BEGIN RECORD EXTRACTS

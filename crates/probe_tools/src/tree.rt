use crate::fault::ToolFault;
use bag_tree::{Facts, Tree, facts_of};
use std::alloc::Global;

const DECLARATION: &str = "BagIt-Version: 1.0\nTag-File-Character-Encoding: UTF-8\n";

/// A bag without payload, whose SHA-512 manifest has these bytes; without its folder it is no bag.
pub(crate) fn tree(alloc: Global, folder: bool, manifest: &[u8]) -> Result<Facts, ToolFault> {
    let mut tree = Tree::new(alloc);
    let facts = filled(alloc, &mut tree, folder, manifest);
    drop(tree);
    facts
}

/// The facts of the tree, with its files.
fn filled(
    alloc: Global,
    tree: &mut Tree,
    folder: bool,
    manifest: &[u8],
) -> Result<Facts, ToolFault> {
    tree.add("bagit.txt", DECLARATION.as_bytes())?;
    tree.add("manifest-sha512.txt", manifest)?;
    if folder {
        tree.add_folder();
    }
    Ok(facts_of(alloc, tree)?)
}
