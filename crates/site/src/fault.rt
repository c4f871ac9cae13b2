ghost use Rattle.std.specs.Prelude.{◌≡◌};
ghost use Rattle.site.specs.Faults.{number_of};

use bag_check::BagFault;
use book::CommitFault;
use fed_types::BagId;
use proposer::ProposeFault;
use std::alloc::AllocError;
use thiserror::Error;

/// Why a site refused a call. After `Device` the site needs opening; after any other fault it is as
/// it was.
#[derive(Clone, Copy, Debug, PartialEq, Eq, Error)]
pub enum SiteFault {
    /// The tree is no valid bag, for this fault, which isn't `Memory`.
    #[error("no valid bag: {0}")]
    InvalidBag(BagFault),
    /// The site's own deposit for the slot is a different bag: this one.
    #[error("another bag was deposited")]
    OtherDeposit(BagId),
    /// A different bag is known for the slot: this one.
    #[error("another bag is known")]
    OtherKnown(BagId),
    /// The cell's device failed.
    #[error("the cell's device failed")]
    Device,
    /// An allocation failed.
    #[error("out of memory")]
    Memory,
    /// The site needs opening.
    #[error("the site needs opening")]
    NeedsOpen,
    /// The site has no deposit for the slot.
    #[error("there is no deposit for the slot")]
    NoDeposit,
    /// No round is left for the slot.
    #[error("no round is left for the slot")]
    RoundsSpent,
    /// A bag is known for the slot.
    #[error("a bag is known for the slot")]
    AlreadyKnown,
    /// The site has neither a vote nor a deposit for the slot.
    #[error("there is neither a vote nor a deposit for the slot")]
    NothingToRecover,
}

impl SiteFault {
    /// The number of the fault in what the program prints and sends, 10 to 19.
    pub fn number(self) -> u8
        ensures { result ≡ number_of self }
    {
        match self {
            SiteFault::InvalidBag(_) => 10,
            SiteFault::OtherDeposit(_) => 11,
            SiteFault::OtherKnown(_) => 12,
            SiteFault::Device => 13,
            SiteFault::Memory => 14,
            SiteFault::NeedsOpen => 15,
            SiteFault::NoDeposit => 16,
            SiteFault::RoundsSpent => 17,
            SiteFault::AlreadyKnown => 18,
            SiteFault::NothingToRecover => 19,
        }
    }
}

impl From<BagFault> for SiteFault {
    ghost use Rattle.site.specs.Faults.{check_fault};

    ghost from_gives = { λ fault e. e ≡ check_fault fault };

    fn from(fault: BagFault) -> SiteFault {
        match fault {
            BagFault::Memory => SiteFault::Memory,
            fault => SiteFault::InvalidBag(fault),
        }
    }
}

impl From<CommitFault> for SiteFault {
    ghost use Rattle.site.specs.Faults.{commit_fault};

    ghost from_gives = { λ fault e. e ≡ commit_fault fault };

    fn from(fault: CommitFault) -> SiteFault {
        match fault {
            CommitFault::Device => SiteFault::Device,
            CommitFault::Memory => SiteFault::Memory,
            CommitFault::NeedsOpen => SiteFault::NeedsOpen,
        }
    }
}

impl From<ProposeFault> for SiteFault {
    ghost use Rattle.site.specs.Faults.{propose_fault};

    ghost from_gives = { λ fault e. e ≡ propose_fault fault };

    fn from(fault: ProposeFault) -> SiteFault {
        match fault {
            ProposeFault::RoundsSpent => SiteFault::RoundsSpent,
            ProposeFault::Memory => SiteFault::Memory,
        }
    }
}

impl From<AllocError> for SiteFault {
    ghost use Rattle.site.specs.declared.fault.SiteFault.TheVariants.{Memory};

    ghost from_gives = { λ _ e. e ≡ Memory };

    fn from(_e: AllocError) -> SiteFault {
        SiteFault::Memory
    }
}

END RECORD EXTRACTS

[WORK TO BE COMPLETED]: All of the entries, from the first line to the last, should be duplicated exactly.

[YOUR RESPONSE]:
filename crates/probe_tools/src/tree.rt
use crate::fault::ToolFault;
use bag_tree::{Facts, Tree, facts_of};
use std::alloc::Global;

const DECLARATION: &str = "BagIt-Version: 1.0\nTag-File-Character-Encoding: UTF-8\n";

/// A bag without payload, whose SHA-512 manifest has these bytes; without its folder it is no bag.
pub(crate) fn tree(alloc: Global, folder: bool, manifest: &[u8]) -> Result<Facts, ToolFault> {
    let mut tree = Tree::new(alloc);
    let facts = filled(alloc, &mut tree, folder, manifest);
    drop(tree);
    facts
}

/// The facts of the tree, with its files.
fn filled(
    alloc: Global,
    tree: &mut Tree,
    folder: bool,
    manifest: &[u8],
) -> Result<Facts, ToolFault> {
    tree.add("bagit.txt", DECLARATION.as_bytes())?;
    tree.add("manifest-sha512.txt", manifest)?;
    if folder {
        tree.add_folder();
    }
    Ok(facts_of(alloc, tree)?)
}
filename crates/site/src/fault.rt
repository c4f871ac9cae13b2
ghost use Rattle.std.specs.Prelude.{◌≡◌};
ghost use Rattle.site.specs.Faults.{number_of};

use bag_check::BagFault;
use book::CommitFault;
use fed_types::BagId;
use proposer::ProposeFault;
use std::alloc::AllocError;
use thiserror::Error;

/// Why a site refused a call. After `Device` the site needs opening; after any other fault it is as
/// it was.
#[derive(Clone, Copy, Debug, PartialEq, Eq, Error)]
pub enum SiteFault {
    /// The tree is no valid bag, for this fault, which isn't `Memory`.
    #[error("no valid bag: {0}")]
    InvalidBag(BagFault),
    /// The site's own deposit for the slot is a different bag: this one.
    #[error("another bag was deposited")]
    OtherDeposit(BagId),
    /// A different bag is known for the slot: this one.
    #[error("another bag is known")]
    OtherKnown(BagId),
    /// The cell's device failed.
    #[error("the cell's device failed")]
    Device,
    /// An allocation failed.
    #[error("out of memory")]
    Memory,
    /// The site needs opening.
    #[error("the site needs opening")]
    NeedsOpen,
    /// The site has no deposit for the slot.
    #[error("there is no deposit for the slot")]
    NoDeposit,
    /// No round is left for the slot.
    #[error("no round is left for the slot")]
    RoundsSpent,
    /// A bag is known for the slot.
    #[error("a bag is known for the slot")]
    AlreadyKnown,
    /// The site has neither a vote nor a deposit for the slot.
    #[error("there is neither a vote nor a deposit for the slot")]
    NothingToRecover,
}

impl SiteFault {
    /// The number of the fault in what the program prints and sends, 10 to 19.
    pub fn number(self) -> u8
        ensures { result ≡ number_of self }
    {
        match self {
            SiteFault::InvalidBag(_) => 10,
            SiteFault::OtherDeposit(_) => 11,
            SiteFault::OtherKnown(_) => 12,
            SiteFault::Device => 13,
            SiteFault::Memory => 14,
            SiteFault::NeedsOpen => 15,
            SiteFault::NoDeposit => 16,
            SiteFault::RoundsSpent => 17,
            SiteFault::AlreadyKnown => 18,
            SiteFault::NothingToRecover => 19,
        }
    }
}

impl From<BagFault> for SiteFault {
    ghost use Rattle.site.specs.Faults.{check_fault};

    ghost from_gives = { λ fault e. e ≡ check_fault fault };

    fn from(fault: BagFault) -> SiteFault {
        match fault {
            BagFault::Memory => SiteFault::Memory,
            fault => SiteFault::InvalidBag(fault),
        }
    }
}

impl From<CommitFault> for SiteFault {
    ghost use Rattle.site.specs.Faults.{commit_fault};

    ghost from_gives = { λ fault e. e ≡ commit_fault fault };

    fn from(fault: CommitFault) -> SiteFault {
        match fault {
            CommitFault::Device => SiteFault::Device,
            CommitFault::Memory => SiteFault::Memory,
            CommitFault::NeedsOpen => SiteFault::NeedsOpen,
        }
    }
}

impl From<ProposeFault> for SiteFault {
    ghost use Rattle.site.specs.Faults.{propose_fault};

    ghost from_gives = { λ fault e. e ≡ propose_fault fault };

    fn from(fault: ProposeFault) -> SiteFault {
        match fault {
            ProposeFault::RoundsSpent => SiteFault::RoundsSpent,
            ProposeFault::Memory => SiteFault::Memory,
        }
    }
}

impl From<AllocError> for SiteFault {
    ghost use Rattle.site.specs.declared.fault.SiteFault.TheVariants.{Memory};

    ghost from_gives = { λ _ e. e ≡ Memory };

    fn from(_e: AllocError) -> SiteFault {
        SiteFault::Memory
    }
}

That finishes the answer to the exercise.